It may be that physical comedy has a better impact in theater, where it's
live, and they're taking the (apparent) risks right in front of you. On film,
modern wire work enables a lot of great action, but undercuts the immediacy of
it. Jackie Chan did amazing physical comedy on film, because you knew that he
was taking Harold Lloyd-type risks.

Physical comedy in the theater is a bit like stage magic: it's practiced
carefully and controlled so that they can do it safely every single time.
Professional wrestling is also a kind of live physical comedy, taking much
bigger risks than any actor would do (and way more than the actors' unions
would tolerate).

------
gitgud
Physical comedy is still prevalent in mainstream culture.
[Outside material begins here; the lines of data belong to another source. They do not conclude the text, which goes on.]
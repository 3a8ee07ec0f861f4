//! Streams of choice words.
//!
//! [`ListWords`] gives the words of a list in order, and then 0 for ever (`specs/Choices`). [`SeedWords`] gives those of one stream of a
//! ChaCha20 generator, whose key is a seed (`specs/Seeds`). Neither making them nor drawing a word takes memory.
#![tactic(auto)]

mod list_words;
mod seed_words;

pub use list_words::ListWords;
pub use seed_words::SeedWords;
I would argue that
the best comedians use it sparingly, but they do use it.

For example the show "The Trailerpark Boys" have reoccurring gags which depend
on slapstick physical humour, and they always make me laugh.

The slapstick comedy of the 1930's could be viewed with no context or even
sound. I think it's evolved since then, the _context_ (characters, plot,
motivations) of the physical comedy matters a lot more now...

------
vangale
I love this video from "Every Frame a Painting" which also mourns the loss of
physical comedy:
[https://www.youtube.com/watch?v=3FOzD4Sfgag](https://www.youtube.com/watch?v=3FOzD4Sfgag)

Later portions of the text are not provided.